Workflow optimization methods are categorized based on when the structure is determined. Static methods optimize a reusable template before deployment, focusing on offline template search, node-level optimization, or joint optimization of structure and local configuration. Dynamic methods determine part of the workflow at inference time, allowing for runtime adaptation. This includes selection and pruning of a fixed super-graph, pre-execution workflow generation based on query difficulty, or in-execution editing where the structure is revised during execution in response to feedback. The optimization objective generally balances task quality R(τ;x) against execution cost C(τ), formulated as maximizing E[R(τ;x)−λC(τ)].

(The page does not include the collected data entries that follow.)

// Which pair has which number.

ghost use Rattle.std.specs.Prelude.{◌≡◌, ℕ, Bool, List, [], ◌∷◌, ◌+◌, ◌-◌, ◌*◌, ◌^◌, ◌<◌, ◌≤◌, ◌++◌, length, slice_get, Some};
ghost use Rattle.std.specs.Prelude.{IfOk, OnOk};
ghost use Rattle.std.specs.List.{list_any, slice_index_or};
ghost use Rattle.std.specs.List.Sorted.{IsNonDecreasingBy};
ghost use Rattle.plan_core.specs.Pairs.{partners_by};
ghost use Rattle.plan_core.specs.PairTables.{never_together, are_apart};
ghost use Rattle.plan_core.specs.Participants.{names_both, one_controller, forbids_both};

use crate::limits::MOST_PARTICIPANTS;
use crate::plans::Participant;
use std::alloc::{AllocError, Global};

/// The pairs whose lower number is that of one participant.
#[derive(Clone, Copy)]
pub struct Row {
    /// The number of the first of them.
    pub first: u32,
    /// Where the partners begin in the list of all.
    pub partners: u32,
    /// How many there are.
    pub len: u32,
}

/// The rows of all participants. The sendings of one controller share their partners.
#[derive(Drop)]
pub struct PairTable {
    pub rows: Vec<Row>,
    pub partners: Vec<u32>,
    pub count: u32,
}

impl PairTable {
    ghost use Rattle.plan_core.specs.PairTables.{IsRow, IsTable, Extends};

    /// The table of no participants.
    pub fn empty(alloc: Global) -> PairTable
        ensures { (is_apart : ℕ → ℕ → Bool) (n : ℕ) → IsTable is_apart n 0 result }
    {
        PairTable {
            rows: Vec::new(alloc),
            partners: Vec::new(alloc),
            count: 0,
        }
    }

    /// The table of these participants.
    pub fn new(
        alloc: Global,
        participants: &[Participant],
        nevers: &[(u32, u32)],
    ) -> Result<PairTable, AllocError>
        requires { length participants.now ≤ MOST_PARTICIPANTS }
        ensures { IfOk result (IsTable (are_apart nevers.now participants.now) (length participants.now)
            (length participants.now)) }
    {
        let mut table = PairTable::empty(alloc);
        for x in 0..participants.len() {
            table.push_row(participants, nevers, x)?;
        }
        Ok(table)
    }

    // The row of x goes after those of the participants before it.
    fn push_row(
        &mut self,
        participants: &[Participant],
        nevers: &[(u32, u32)],
        x: usize,
    ) -> Result<(), AllocError>
        requires few { length participants.now ≤ MOST_PARTICIPANTS }
        requires within { x < length participants.now }
        requires below { IsTable (are_apart nevers.now participants.now) (length participants.now) x self.old }
        ensures { OnOk result (IsTable (are_apart nevers.now participants.now) (length participants.now) (x + 1)
            self.new) }
    {
        let row = self.make_row(participants, nevers, x)?;
        self.rows.push(row)?;
        self.count += row.len;
        Ok(())
    }

    // The row of x. Its partners go after the others, unless they are those of the sending before it.
    fn make_row(
        &mut self,
        participants: &[Participant],
        nevers: &[(u32, u32)],
        x: usize,
    ) -> Result<Row, AllocError>
        requires few { length participants.now ≤ MOST_PARTICIPANTS }
        requires within { x < length participants.now }
        requires below { IsTable (are_apart nevers.now participants.now) (length participants.now) x self.old }
        ensures row { IfOk result (IsRow (are_apart nevers.now participants.now) (length participants.now)
            self.new.partners.items x) }
        ensures rows { self.new.rows ≡ self.old.rows }
        ensures count { self.new.count ≡ self.old.count }
        ensures partners { OnOk result (Extends self.old.partners.items self.new.partners.items
            (length participants.now)) }
    {
        if x > 0 && is_one_controller(participants[x - 1], participants[x]) {
            let last = self.rows[x - 1];
            return Ok(Row {
                first: self.count,
                partners: last.partners,
                len: last.len,
            });
        }
        let partners = self.partners.len();
        push_partners(&mut self.partners, participants, nevers, x)?;
        Ok(Row {
            first: self.count,
            partners: partners as u32,
            len: (self.partners.len() - partners) as u32,
        })
    }
}

/// The last row that begins no later than pair `i`.
pub fn last_begun(rows: &[Row], i: u32) -> usize
    requires ordered { IsNonDecreasingBy (λ (row : Row). row.first) rows.now }
    requires some { 0 < length rows.now }
    requires zero { (d : Row) → (slice_index_or rows.now 0 d).first ≡ 0 }
    ensures within { result < length rows.now }
    ensures begun { (d : Row) → (slice_index_or rows.now result d).first ≤ i }
    ensures last { (k : ℕ) (d : Row) → result < k → k < length rows.now → i < (slice_index_or rows.now k d).first }
{
    rows.partition_point(|row| row.first <= i) - 1
}

// Puts those after x that may start together with x after the others.
fn push_partners(
    all: &mut Vec<u32>,
    participants: &[Participant],
    nevers: &[(u32, u32)],
    x: usize,
) -> Result<(), AllocError>
    requires few { length participants.now ≤ MOST_PARTICIPANTS }
    requires within { x < length participants.now }
    ensures { OnOk result (all.new.items ≡ all.old.items ++
        partners_by (are_apart nevers.now participants.now) (length participants.now) x) }
{
    // The sendings of one controller stand side by side, so the answer for the last one is kept.
    let own = participants[x];
    let mut last = own;
    let mut apart = is_apart(nevers, own, last);
    for y in x + 1..participants.len() {
        let other = participants[y];
        apart = is_apart_after(nevers, own, last, apart, other);
        last = other;
        if !apart {
            all.push(y as u32)?;
        }
    }
    Ok(())
}

// Whether `own` and `other` never start together, where the answer for `own` and `last` is known.
fn is_apart_after(
    nevers: &[(u32, u32)],
    own: Participant,
    last: Participant,
    apart: bool,
    other: Participant,
) -> bool
    requires { apart ≡ never_together nevers.now (Some own) (Some last) }
    ensures { result ≡ never_together nevers.now (Some own) (Some other) }
{
    if is_one_controller(last, other) {
        apart
    } else {
        is_apart(nevers, own, other)
    }
}

// Whether the two never start together.
fn is_apart(nevers: &[(u32, u32)], x: Participant, y: Participant) -> bool
    ensures { result ≡ never_together nevers.now (Some x) (Some y) }
{
    is_one_controller(x, y) || forbids_both(nevers, x, y)
}

/// Whether both are sendings of one controller.
pub fn is_one_controller(x: Participant, y: Participant) -> bool
    ensures { result ≡ one_controller (Some x) (Some y) }
{
    match (x, y) {
        (
            Participant::Sending { controller, .. },
            Participant::Sending {
                controller: other,
                ..
            },
        ) => controller == other,
        _ => false,
    }
}

/// Whether both are sendings whose controllers one `never` names.
pub fn forbids_both(nevers: &[(u32, u32)], x: Participant, y: Participant) -> bool
    ensures { result ≡ forbids_both nevers.now (Some x) (Some y) }
{
    match (x, y) {
        (
            Participant::Sending { controller, .. },
            Participant::Sending {
                controller: other,
                ..
            },
        ) => is_never(nevers, controller, other),
        _ => false,
    }
}

/// Whether some `never` names both controllers, in either order.
pub fn is_never(nevers: &[(u32, u32)], first: u32, second: u32) -> bool
    ensures { result ≡ list_any (names_both first second) nevers.now }
{
    nevers.iter().any(|never| names_both(first, second, *never))
}

fn names_both(first: u32, second: u32, never: (u32, u32)) -> bool
    ensures { result ≡ names_both first second never }
{
    never.0 == first && never.1 == second || never.0 == second && never.1 == first
}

The framework also outlines orthogonal comparison axes such as optimization target (node, graph, joint), feedback mechanisms (metric, verifier, preference), and update mechanisms (search generator, controller RL). Evaluation involves structure-aware assessment, downstream task validation, and efficiency metrics. Finally, the authors identify open questions regarding design trade-offs, such as when static optimization suffices versus when dynamic adaptation is necessary, and the role of verifiers in ensuring workflow validity.
Experiment
- A standardized classification card is used to compare methods across stable dimensions like structural settings, optimization levels, and update mechanisms, ensuring consistent evaluation rather than relying on paper-specific descriptions.
- Experiments validate that specific algorithm choices depend heavily on the available signals and evidence; for instance, search works best with trusted evaluators and discrete action spaces, while reinforcement learning suits sequential generation but requires careful reward design.
- Evaluation protocols are shown to require a separation between structure-aware assessment of workflow quality and downstream task validation to distinguish between plausible graph generation and actual task success.
- Studies demonstrate that reporting graph-level properties and robustness under perturbations, such as tool failures or schema drift, is essential to differentiate genuine structural improvements from brute-force compute or uncontrolled cost growth.